### TASK DIRECTIONS
Go through the data below and gather each line containing "else".

### SUPPLIED RECORDS

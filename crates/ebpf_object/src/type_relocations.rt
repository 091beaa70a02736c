//! The type relocations of an object.

ghost use Rattle.std.specs.Prelude.{◌≡◌, ◌≢◌, ◌≤◌, ◌^◌, length, unwrap_or, IfErr, OnErr, OnOk};
ghost use Rattle.std.specs.Option.{option_copied};
ghost use Rattle.btf_tables.specs.Tables.{new_table};
ghost use Rattle.core_relocation.specs.Faults.{CanBeRelocated, HasTypesFault};
ghost use Rattle.core_relocation.specs.Laws.{IsAnswer, RestsOnReach};
ghost use Rattle.core_relocation.specs.Relocations.{types_given};
ghost use Rattle.core_relocation.specs.Writes.{AreRelocated};
ghost use Rattle.ebpf_object.specs.TypeRelocations.{section_infos_beside, type_section_infos, types_of};
ghost use Rattle.relocation_errors.specs.declared.type_relocations.BtfRelocationCause.TheVariants.{OutOfMemory};

use crate::object::Object;
use btf_ext::BtfExt;
use btf_tables::Btf;
use core_relocation::{relocate_types, relocations_rest};
use object_file::ObjectFile;
use object_parts::Functions;
use relocation_errors::BtfRelocationError;

/// Relocates functions of an object that may have no types, or no records of type relocations.
#[tactic(auto, using(crate::proofs::NoTypeRelocations::typeless_written, crate::proofs::NoTypeRelocations::typeless_refused, crate::proofs::NoTypeRelocations::bare_written, crate::proofs::NoTypeRelocations::bare_refused))]
fn relocate_functions<'a>(
    file: &ObjectFile<'a>,
    types: Option<&Btf<'a>>,
    extension: Option<&BtfExt<'a>>,
    kernel_types: &[Btf<'_>],
    functions: &mut Functions<'a>,
) -> Result<(), BtfRelocationError>
    requires { length kernel_types.now ≤ 2 ^ 32 }
    ensures relocated { OnOk result
        (AreRelocated
        (types_given file.now functions.old (unwrap_or (option_copied types.entry) new_table)
        kernel_types.now)
        (section_infos_beside (option_copied types.entry) (option_copied extension.entry))
        functions.new) }
    ensures sound { OnOk result
        (CanBeRelocated
        (types_given file.now functions.old (unwrap_or (option_copied types.entry) new_table)
        kernel_types.now)
        (section_infos_beside (option_copied types.entry) (option_copied extension.entry))) }
    ensures fault { IfErr result (λ e.
        e.error ≢ OutOfMemory
        → HasTypesFault
        (types_given file.now functions.old (unwrap_or (option_copied types.entry) new_table)
        kernel_types.now)
        (section_infos_beside (option_copied types.entry) (option_copied extension.entry)) e.error) }
    ensures unchanged { OnErr result (functions.new ≡ functions.old) }
{
    let Some(local) = types else {
        return Ok(());
    };
    let Some(extension) = extension else {
        return Ok(());
    };
    relocate_types(
        local.allocator(),
        file,
        extension,
        local,
        kernel_types,
        functions,
    )
}

/// Relocates an object that may have no records of type relocations.
fn relocate_object<'a>(
    object: &mut Object<'a>,
    kernel_types: &[Btf<'_>],
) -> Result<(), BtfRelocationError>
    requires { length kernel_types.now ≤ 2 ^ 32 }
    ensures relocated { OnOk result
        (AreRelocated (types_of object.old kernel_types.now) (type_section_infos object.old)
        object.new.functions) }
    ensures sound { OnOk result
        (CanBeRelocated (types_of object.old kernel_types.now) (type_section_infos object.old)) }
    ensures others { object.new ≡ record object.old { functions = object.new.functions } }
    ensures fault { IfErr result (λ e.
        e.error ≢ OutOfMemory
        → HasTypesFault (types_of object.old kernel_types.now) (type_section_infos object.old)
        e.error) }
    ensures unchanged { OnErr result (object.new ≡ object.old) }
{
    if !object.has_btf_relocations() {
        return Ok(());
    }
    relocate_functions(
        &object.file,
        object.btf.as_ref(),
        object.btf_ext.as_ref(),
        kernel_types,
        &mut object.functions,
    )
}

impl<'a> Object<'a> {
    /// Resolves the type relocations in a kernel's tables, of which there are at most 2^32, and
    /// writes the results into their slots: [`relocate_types`].
    ///
    /// # Errors
    ///
    /// Those of [`relocate_types`], with the section's name; the object is as before then. The
    /// result rests on what the relocations reach in the object's types, as that of
    /// [`relocate_types`] does.
    pub fn relocate_btf(&mut self, kernel_types: &[Btf<'_>]) -> Result<(), BtfRelocationError>
        requires { length kernel_types.now ≤ 2 ^ 32 }
        ensures relocated { OnOk result
            (AreRelocated (types_of self.old kernel_types.now) (type_section_infos self.old)
            self.new.functions) }
        ensures sound { OnOk result
            (CanBeRelocated (types_of self.old kernel_types.now) (type_section_infos self.old)) }
        ensures others { self.new ≡ record self.old { functions = self.new.functions } }
        ensures fault { IfErr result (λ e.
            e.error ≢ OutOfMemory
            → HasTypesFault (types_of self.old kernel_types.now) (type_section_infos self.old) e.error) }
        ensures unchanged { OnErr result (self.new ≡ self.old) }
        ensures rests { RestsOnReach (types_of self.old kernel_types.now)
            (type_section_infos self.old)
            (IsAnswer (type_section_infos self.old) self.new.functions result) }
    {
        relocations_rest();
        relocate_object(self, kernel_types)
    }
}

### YOUR RESPONSE
    let Some(local) = types else {
    let Some(extension) = extension else {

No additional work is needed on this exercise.